Not quite, but it was clear from a couple of days at the sprawling convention center that this was the automakers' message to the world. It's time for a change, time to work on the future. Not a new message exactly, but one they were certainly drumming home.

Gov. Arnold Schwarzenegger -- he of Hummer and Harley fame -- appeared before the 4,000 journalists from all over the world Thursday morning and orchestrated the unveiling of five eco-friendly cars from Honda, Mercedes-Benz, BMW, Chevrolet and the Bay Area's nascent Tesla Motors (the superfast, super-expensive, all-electric sports car based on the Lotus Elise).

"We challenged the car companies to innovate, to think beyond gasoline and to deliver cleaner, more-efficient cars," Schwarzenegger said. "These cars are the future of the automobile industry, and I know that they are the future for California because we have taken the lead in environmental protection and promoting alternative fuels."

A day earlier, Rick Wagoner, chairman and CEO of General Motors, made an equally eco-friendly speech, pointing out that "it is highly unlikely that oil alone is going to supply all the world's rapidly growing automotive energy requirements," and adding that GM is exploring all the options that nearly every other automaker is exploring. He conceded that gasoline and diesel will "continue to be the principal automotive fuel source for some time" -- viz. the first car you run into at the auto show's Cadillac exhibit, after the lavender convertible, was a $46,045 Cadillac SRX SUV that gets 16 and 24 mpg. And the SUV near it, an Escalade, gets 13 and 20.

The automakers all know we are in an age of transition. As they try to predict the dominant power for motor vehicles in the future, they're all a bit like the guy who wants to hedge his bets, check out the entire field before committing himself. Some, like Toyota, are betting on hybrids -- and they're encouraged by the success of the Prius. Others, like Honda, are betting on both hybrid and fuel cell (viz. their new FCX fuel cell car, which they say will be in production in two years).
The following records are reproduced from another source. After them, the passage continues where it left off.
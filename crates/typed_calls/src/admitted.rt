// Arguments of methods that take values of several types.

ghost use Rattle.std.specs.Prelude.{◌≡◌};
ghost use Rattle.static_types.specs.declared.kind.ValueType.TheViews.{out-ValueType};
ghost use Rattle.typed_calls.specs.Admissions as spec;

use builtin_signatures::{Due, Dues};
use static_types::{Primitive, ValueType};
use typed_operations::{Sort, number_of, sort_of};
use typed_values::{Kind, Typed};

fn is_primitive(sort: Sort) -> bool
    ensures { result ≡ spec.is_primitive sort }
{
    match sort {
        Sort::Null | Sort::Faulty | Sort::Primitive(_) => true,
        Sort::Nothing | Sort::Content | Sort::Instance => false,
    }
}

fn is_number(sort: Sort) -> bool
    ensures { result ≡ spec.is_number sort }
{
    match sort {
        Sort::Null | Sort::Faulty => true,
        Sort::Primitive(p) => number_of(p).is_some(),
        Sort::Nothing | Sort::Content | Sort::Instance => false,
    }
}

fn is_whole(sort: Sort) -> bool
    ensures { result ≡ spec.is_whole sort }
{
    match sort {
        Sort::Null | Sort::Faulty => true,
        Sort::Primitive(Primitive::Integer | Primitive::Long) => true,
        _ => false,
    }
}

fn is_record(kind: &ValueType) -> bool
    ensures { result ≡ spec.is_record (out-ValueType kind.now) }
{
    match kind {
        ValueType::Record(_) => true,
        _ => false,
    }
}

fn has_records(kind: &ValueType) -> bool
    ensures { result ≡ spec.has_records (out-ValueType kind.now) }
{
    match kind {
        ValueType::Record(_) => true,
        ValueType::List(item) => is_record(item.get()),
        _ => false,
    }
}

// A record, or a list of records; `null` could be either.
fn are_records(kind: &Kind) -> bool
    ensures { result ≡ spec.are_records kind.now }
{
    match kind {
        Kind::Is(kind) => has_records(kind),
        Kind::Faulty => true,
        Kind::Nothing | Kind::Null => false,
    }
}

fn is_type(kind: &ValueType, p: Primitive) -> bool
    ensures { result ≡ spec.is_type (out-ValueType kind.now) p }
{
    match kind {
        ValueType::Primitive(q) => *q == p,
        _ => false,
    }
}

fn holds(kind: &ValueType, p: Primitive) -> bool
    ensures { result ≡ spec.holds (out-ValueType kind.now) p }
{
    match kind {
        ValueType::Set(q) => *q == p,
        ValueType::List(item) => is_type(item.get(), p),
        _ => false,
    }
}

// A list or a set of items of this type.
fn are_items(kind: &Kind, p: Primitive) -> bool
    ensures { result ≡ spec.are_items kind.now p }
{
    match kind {
        Kind::Is(kind) => holds(kind, p),
        Kind::Null | Kind::Faulty => true,
        Kind::Nothing => false,
    }
}

fn items_of(receiver: &ValueType, kind: &Kind) -> bool
    ensures { result ≡ spec.items_of (out-ValueType receiver.now) kind.now }
{
    match receiver {
        ValueType::Set(p) => are_items(kind, *p),
        _ => false,
    }
}

fn are_items_of(receiver: &Kind, kind: &Kind) -> bool
    ensures { result ≡ spec.are_items_of receiver.now kind.now }
{
    match receiver {
        Kind::Is(receiver) => items_of(receiver, kind),
        Kind::Nothing | Kind::Null | Kind::Faulty => false,
    }
}

fn admits(receiver: &Kind, due: Option<Due>, kind: &Kind) -> bool
    ensures { result ≡ spec.admits receiver.now due kind.now }
{
    match due {
        Some(Due::Plain) => is_primitive(sort_of(kind)),
        Some(Due::Number) => is_number(sort_of(kind)),
        Some(Due::Whole) => is_whole(sort_of(kind)),
        Some(Due::Records) => are_records(kind),
        Some(Due::Items) => are_items_of(receiver, kind),
        _ => true,
    }
}

/// Whether what is due of several types admits each argument; what is due of one type isn't looked at.
pub fn admits_all(receiver: &Kind, dues: Dues, args: &[Typed]) -> bool
    ensures { result ≡ spec.admits_all receiver.now dues args.now }
{
    for i in 0..args.len() {
        if !admits(receiver, dues.at(i), &args[i].kind) {
            return false;
        }
    }
    true
}
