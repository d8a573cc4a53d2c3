// The types that arguments have to fit.

ghost use Rattle.std.specs.Prelude.{◌≡◌, map, IfOk};
ghost use Rattle.static_types.specs.declared.kind.ValueType.TheViews.{out-ValueType};
ghost use Rattle.builtin_signatures.specs.Dues.{each};
ghost use Rattle.typed_calls.specs.Wants as spec;

use crate::widest::widest;
use apex_list::{Boxed, Items};
use apex_num::NoMemory;
use builtin_signatures::{Due, Dues, dues_of};
use builtin_table::Builtin;
use static_types::{PlatformType, Primitive, ValueType};
use std::alloc::Global;
use typed_values::{Kind, Typed};

/// The type of the items of a collection.
pub fn item_type(kind: &ValueType) -> Result<Option<ValueType>, NoMemory>
    ensures { IfOk result (λ t. t ≡ spec.item_type (out-ValueType kind.now)) }
{
    match kind {
        ValueType::List(item) => Ok(Some(item.get().copy()?)),
        ValueType::Set(p) => Ok(Some(ValueType::Primitive(*p))),
        _ => Ok(None),
    }
}

/// The type of the keys of a map.
pub fn key_type(kind: &ValueType) -> Option<Primitive>
    ensures { result ≡ spec.key_type (out-ValueType kind.now) }
{
    match kind {
        ValueType::Map(key, _) => Some(*key),
        _ => None,
    }
}

/// The type of the values of a map.
pub fn value_type(kind: &ValueType) -> Result<Option<ValueType>, NoMemory>
    ensures { IfOk result (λ t. t ≡ spec.value_type (out-ValueType kind.now)) }
{
    match kind {
        ValueType::Map(_, value) => Ok(Some(value.get().copy()?)),
        _ => Ok(None),
    }
}

fn primitive(p: Option<Primitive>) -> Option<ValueType>
    ensures { result ≡ spec.primitive p }
{
    match p {
        Some(p) => Some(ValueType::Primitive(p)),
        None => None,
    }
}

fn part_of(kind: &ValueType, due: Due) -> Result<Option<ValueType>, NoMemory>
    ensures { IfOk result (λ t. t ≡ spec.part_of kind.now due) }
{
    match due {
        Due::Item => item_type(kind),
        Due::Key => Ok(primitive(key_type(kind))),
        Due::Value => value_type(kind),
        Due::Same => Ok(Some(kind.copy()?)),
        _ => Ok(None),
    }
}

fn of_receiver(receiver: &Kind, due: Due) -> Result<Option<ValueType>, NoMemory>
    ensures { IfOk result (λ t. t ≡ spec.of_receiver receiver.now due) }
{
    match receiver {
        Kind::Is(kind) => part_of(kind, due),
        Kind::Nothing | Kind::Null | Kind::Faulty => Ok(None),
    }
}

fn texts(alloc: Global) -> Result<ValueType, NoMemory>
    ensures { IfOk result (λ t. t ≡ spec.texts) }
{
    let text = ValueType::Primitive(Primitive::String);
    Ok(ValueType::List(Boxed::new(alloc, text)?))
}

fn wanted(alloc: Global, receiver: &Kind, due: Due) -> Result<Option<ValueType>, NoMemory>
    ensures { IfOk result (λ t. t ≡ spec.wanted receiver.now due) }
{
    match due {
        Due::Is(p) => Ok(Some(ValueType::Primitive(p))),
        Due::Texts => Ok(Some(texts(alloc)?)),
        Due::Savepoint => Ok(Some(ValueType::Platform(PlatformType::Savepoint))),
        due => of_receiver(receiver, due),
    }
}

fn wanted_at(
    alloc: Global,
    receiver: &Kind,
    due: Option<Due>,
) -> Result<Option<ValueType>, NoMemory>
    ensures { IfOk result (λ t. t ≡ spec.wanted_at receiver.now due) }
{
    match due {
        Some(due) => wanted(alloc, receiver, due),
        None => Ok(None),
    }
}

fn all_wanted(
    alloc: Global,
    receiver: &Kind,
    dues: Dues,
) -> Result<Items<Option<ValueType>>, NoMemory>
    ensures { IfOk result (λ all. all ≡ map (spec.wanted receiver.now) (each dues)) }
{
    let mut all = Items::new(alloc);
    for i in 0..dues.count() {
        all.push(wanted_at(alloc, receiver, dues.at(i))?)?;
    }
    Ok(all)
}

fn numbers(alloc: Global, args: &[Typed]) -> Result<Items<Option<ValueType>>, NoMemory>
    ensures { IfOk result (λ all. all ≡ spec.numbers args.now) }
{
    let p = widest(args);
    let mut all = Items::new(alloc);
    for _arg in args {
        all.push(Some(ValueType::Primitive(p)))?;
    }
    Ok(all)
}

fn is_math(builtin: Builtin) -> bool
    ensures { result ≡ spec.is_math builtin }
{
    match builtin {
        Builtin::Math(_) => true,
        _ => false,
    }
}

/// The types that the arguments of a method have to fit, in their order; `None` for what is due of several types. The
/// numbers that `Math` takes become the widest of them.
pub fn wanted_by(
    alloc: Global,
    receiver: &Kind,
    builtin: Builtin,
    args: &[Typed],
) -> Result<Items<Option<ValueType>>, NoMemory>
    ensures { IfOk result (λ all. all ≡ spec.wanted_by receiver.now builtin args.now) }
{
    if is_math(builtin) {
        numbers(alloc, args)
    } else {
        all_wanted(alloc, receiver, dues_of(builtin))
    }
}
In a sense, it's the dawn of a new age for cars, and industry insiders look at it with a combination of fascination and the realistic view that much of this is dictated by the industry's thorough public relations machine.

Ultimately, though, everyone in the auto business recognizes, as Wagoner pointed out, that if it comes down to some sort of electricity that ends up powering cars (and that's already begun, with hybrid gasoline-electric cars) the big problem is finding a suitable long-lasting battery -- one that fits in the car, is impervious to temperature extremes and will go much farther on a charge.

"I agree with (Wagoner) that battery technology is the problem," said Dave Power, founder of the marketing research firm, J.D. Power & Associates. "He says they want to keep their options open, working with several battery companies. But he didn't put any time frame on this. There are so many 'ifs.' "

Asked to predict the next 20 years, he said, simply, "There will be more and more breakthroughs." But Power's vice president, Charlie Vogelheim, said, "Realistically, fuel-cell-powered cars could take up to 50 years."

Wagoner, who heads the world's largest car company, has taken his share of knocks for running a firm that loses money faster than a Corvette covers the quarter-mile, and this week was no exception. The minute he had finished his speech, a man dressed in a suit and tie strode onstage, unfurled a proclamation and seemed to be about to give it to Wagoner.

For a moment, it all look scripted. But the scroll, to be signed by Wagoner, said he pledged "to make GM the most fuel-efficient automobile company in the world by 2010." The man in the suit was Matt Leonard, from San Francisco's Rainforest Action Network, and by the time his scroll was visible to the TV cameras, security agents were hustling him off stage. Wagoner declined to sign.